[SUPPLIED MATERIAL Boundary: Start]

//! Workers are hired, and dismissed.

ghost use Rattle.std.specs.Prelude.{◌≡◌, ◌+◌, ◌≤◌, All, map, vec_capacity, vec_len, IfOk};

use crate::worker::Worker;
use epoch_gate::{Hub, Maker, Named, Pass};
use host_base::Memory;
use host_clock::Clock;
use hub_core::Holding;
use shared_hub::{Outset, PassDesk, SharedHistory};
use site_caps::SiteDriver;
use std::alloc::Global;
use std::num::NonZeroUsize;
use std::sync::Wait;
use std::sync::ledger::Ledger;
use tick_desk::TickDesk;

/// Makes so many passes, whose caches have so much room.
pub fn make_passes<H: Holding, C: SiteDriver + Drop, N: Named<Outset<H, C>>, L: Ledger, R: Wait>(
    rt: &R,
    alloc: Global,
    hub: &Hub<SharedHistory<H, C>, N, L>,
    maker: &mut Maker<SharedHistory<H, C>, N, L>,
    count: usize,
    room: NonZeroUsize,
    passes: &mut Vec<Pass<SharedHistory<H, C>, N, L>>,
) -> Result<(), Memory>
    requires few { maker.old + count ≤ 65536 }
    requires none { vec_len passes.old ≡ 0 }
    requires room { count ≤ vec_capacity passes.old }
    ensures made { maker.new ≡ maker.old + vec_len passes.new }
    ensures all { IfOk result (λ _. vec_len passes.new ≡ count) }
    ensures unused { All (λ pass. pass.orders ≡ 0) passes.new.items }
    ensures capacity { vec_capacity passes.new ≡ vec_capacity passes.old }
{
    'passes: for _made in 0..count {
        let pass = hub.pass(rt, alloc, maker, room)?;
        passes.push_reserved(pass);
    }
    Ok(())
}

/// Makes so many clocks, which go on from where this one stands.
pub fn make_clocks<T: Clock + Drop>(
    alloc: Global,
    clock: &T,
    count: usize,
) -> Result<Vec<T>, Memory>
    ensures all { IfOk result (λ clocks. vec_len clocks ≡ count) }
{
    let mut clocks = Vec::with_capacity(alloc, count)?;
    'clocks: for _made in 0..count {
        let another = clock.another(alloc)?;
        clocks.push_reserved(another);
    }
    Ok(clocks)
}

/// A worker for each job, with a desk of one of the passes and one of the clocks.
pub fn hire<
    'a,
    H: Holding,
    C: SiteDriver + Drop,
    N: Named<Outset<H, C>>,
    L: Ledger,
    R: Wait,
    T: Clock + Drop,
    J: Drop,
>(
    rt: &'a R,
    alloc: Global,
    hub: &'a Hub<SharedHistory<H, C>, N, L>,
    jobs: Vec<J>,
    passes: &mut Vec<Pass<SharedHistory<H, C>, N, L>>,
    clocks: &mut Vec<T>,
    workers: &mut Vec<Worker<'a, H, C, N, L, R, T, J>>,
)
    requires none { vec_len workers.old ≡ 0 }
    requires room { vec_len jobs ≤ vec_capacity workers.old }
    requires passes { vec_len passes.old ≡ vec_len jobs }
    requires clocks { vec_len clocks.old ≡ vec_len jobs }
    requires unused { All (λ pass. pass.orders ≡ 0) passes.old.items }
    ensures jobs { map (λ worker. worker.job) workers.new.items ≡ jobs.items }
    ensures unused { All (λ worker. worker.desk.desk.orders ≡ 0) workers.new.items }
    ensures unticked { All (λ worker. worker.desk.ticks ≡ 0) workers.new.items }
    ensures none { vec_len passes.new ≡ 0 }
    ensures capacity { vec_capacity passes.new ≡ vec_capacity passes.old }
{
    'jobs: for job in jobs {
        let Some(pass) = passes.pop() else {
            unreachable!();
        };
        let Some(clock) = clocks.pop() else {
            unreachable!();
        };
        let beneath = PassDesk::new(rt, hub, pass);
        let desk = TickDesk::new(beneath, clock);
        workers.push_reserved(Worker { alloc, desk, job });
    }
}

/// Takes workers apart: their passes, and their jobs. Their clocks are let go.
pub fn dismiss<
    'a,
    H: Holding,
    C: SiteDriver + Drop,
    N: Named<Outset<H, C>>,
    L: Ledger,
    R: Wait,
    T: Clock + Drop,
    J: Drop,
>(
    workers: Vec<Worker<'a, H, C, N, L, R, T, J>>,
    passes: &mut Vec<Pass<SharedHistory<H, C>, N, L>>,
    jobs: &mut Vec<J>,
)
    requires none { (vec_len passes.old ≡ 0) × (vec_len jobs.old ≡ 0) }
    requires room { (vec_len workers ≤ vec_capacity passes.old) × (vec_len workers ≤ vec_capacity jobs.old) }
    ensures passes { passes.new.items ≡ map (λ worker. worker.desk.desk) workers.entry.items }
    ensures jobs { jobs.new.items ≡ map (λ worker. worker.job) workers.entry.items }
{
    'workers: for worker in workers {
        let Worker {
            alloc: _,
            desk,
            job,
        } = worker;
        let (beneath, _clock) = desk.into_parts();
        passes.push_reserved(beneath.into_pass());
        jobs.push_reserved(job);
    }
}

[SUPPLIED MATERIAL Boundary: End]

• **WORK TO BE COMPLETED**
Your reply should consist of the records, duplicated exactly.

• **ANSWER SPACE**
//! Workers are hired, and dismissed.

ghost use Rattle.std.specs.Prelude.{◌≡◌, ◌+◌, ◌≤◌, All, map, vec_capacity, vec_len, IfOk};

use crate::worker::Worker;
use epoch_gate::{Hub, Maker, Named, Pass};
use host_base::Memory;
use host_clock::Clock;
use hub_core::Holding;
use shared_hub::{Outset, PassDesk, SharedHistory};
use site_caps::SiteDriver;
use std::alloc::Global;
use std::num::NonZeroUsize;
use std::sync::Wait;
use std::sync::ledger::Ledger;
use tick_desk::TickDesk;

/// Makes so many passes, whose caches have so much room.
pub fn make_passes<H: Holding, C: SiteDriver + Drop, N: Named<Outset<H, C>>, L: Ledger, R: Wait>(
    rt: &R,
    alloc: Global,
    hub: &Hub<SharedHistory<H, C>, N, L>,
    maker: &mut Maker<SharedHistory<H, C>, N, L>,
    count: usize,
    room: NonZeroUsize,
    passes: &mut Vec<Pass<SharedHistory<H, C>, N, L>>,
) -> Result<(), Memory>
    requires few { maker.old + count ≤ 65536 }
    requires none { vec_len passes.old ≡ 0 }
    requires room { count ≤ vec_capacity passes.old }
    ensures made { maker.new ≡ maker.old + vec_len passes.new }
    ensures all { IfOk result (λ _. vec_len passes.new ≡ count) }
    ensures unused { All (λ pass. pass.orders ≡ 0) passes.new.items }
    ensures capacity { vec_capacity passes.new ≡ vec_capacity passes.old }
{
    'passes: for _made in 0..count {
        let pass = hub.pass(rt, alloc, maker, room)?;
        passes.push_reserved(pass);
    }
    Ok(())
}

/// Makes so many clocks, which go on from where this one stands.
pub fn make_clocks<T: Clock + Drop>(
    alloc: Global,
    clock: &T,
    count: usize,
) -> Result<Vec<T>, Memory>
    ensures all { IfOk result (λ clocks. vec_len clocks ≡ count) }
{
    let mut clocks = Vec::with_capacity(alloc, count)?;
    'clocks: for _made in 0..count {
        let another = clock.another(alloc)?;
        clocks.push_reserved(another);
    }
    Ok(clocks)
}

/// A worker for each job, with a desk of one of the passes and one of the clocks.
pub fn hire<
    'a,
    H: Holding,
    C: SiteDriver + Drop,
    N: Named<Outset<H, C>>,
    L: Ledger,
    R: Wait,
    T: Clock + Drop,
    J: Drop,
>(
    rt: &'a R,
    alloc: Global,
    hub: &'a Hub<SharedHistory<H, C>, N, L>,
    jobs: Vec<J>,
    passes: &mut Vec<Pass<SharedHistory<H, C>, N, L>>,
    clocks: &mut Vec<T>,
    workers: &mut Vec<Worker<'a, H, C, N, L, R, T, J>>,
)
    requires none { vec_len workers.old ≡ 0 }
    requires room { vec_len jobs ≤ vec_capacity workers.old }
    requires passes { vec_len passes.old ≡ vec_len jobs }
    requires clocks { vec_len clocks.old ≡ vec_len jobs }
    requires unused { All (λ pass. pass.orders ≡ 0) passes.old.items }
    ensures jobs { map (λ worker. worker.job) workers.new.items ≡ jobs.items }
    ensures unused { All (λ worker. worker.desk.desk.orders ≡ 0) workers.new.items }
    ensures unticked { All (λ worker. worker.desk.ticks ≡ 0) workers.new.items }
    ensures none { vec_len passes.new ≡ 0 }
    ensures capacity { vec_capacity passes.new ≡ vec_capacity passes.old }
{
    'jobs: for job in jobs {
        let Some(pass) = passes.pop() else {
            unreachable!();
        };
        let Some(clock) = clocks.pop() else {
            unreachable!();
        };
        let beneath = PassDesk::new(rt, hub, pass);
        let desk = TickDesk::new(beneath, clock);
        workers.push_reserved(Worker { alloc, desk, job });
    }
}

/// Takes workers apart: their passes, and their jobs. Their clocks are let go.
pub fn dismiss<
    'a,
    H: Holding,
    C: SiteDriver + Drop,
    N: Named<Outset<H, C>>,
    L: Ledger,
    R: Wait,
    T: Clock + Drop,
    J: Drop,
>(
    workers: Vec<Worker<'a, H, C, N, L, R, T, J>>,
    passes: &mut Vec<Pass<SharedHistory<H, C>, N, L>>,
    jobs: &mut Vec<J>,
)
    requires none { (vec_len passes.old ≡ 0) × (vec_len jobs.old ≡ 0) }
    requires room { (vec_len workers ≤ vec_capacity passes.old) × (vec_len workers ≤ vec_capacity jobs.old) }
    ensures passes { passes.new.items ≡ map (λ worker. worker.desk.desk) workers.entry.items }
    ensures jobs { jobs.new.items ≡ map (λ worker. worker.job) workers.entry.items }
{
    'workers: for worker in workers {
        let Worker {
            alloc: _,
            desk,
            job,
        } = worker;
        let (beneath, _clock) = desk.into_parts();
        passes.push_reserved(beneath.into_pass());
        jobs.push_reserved(job);
    }
}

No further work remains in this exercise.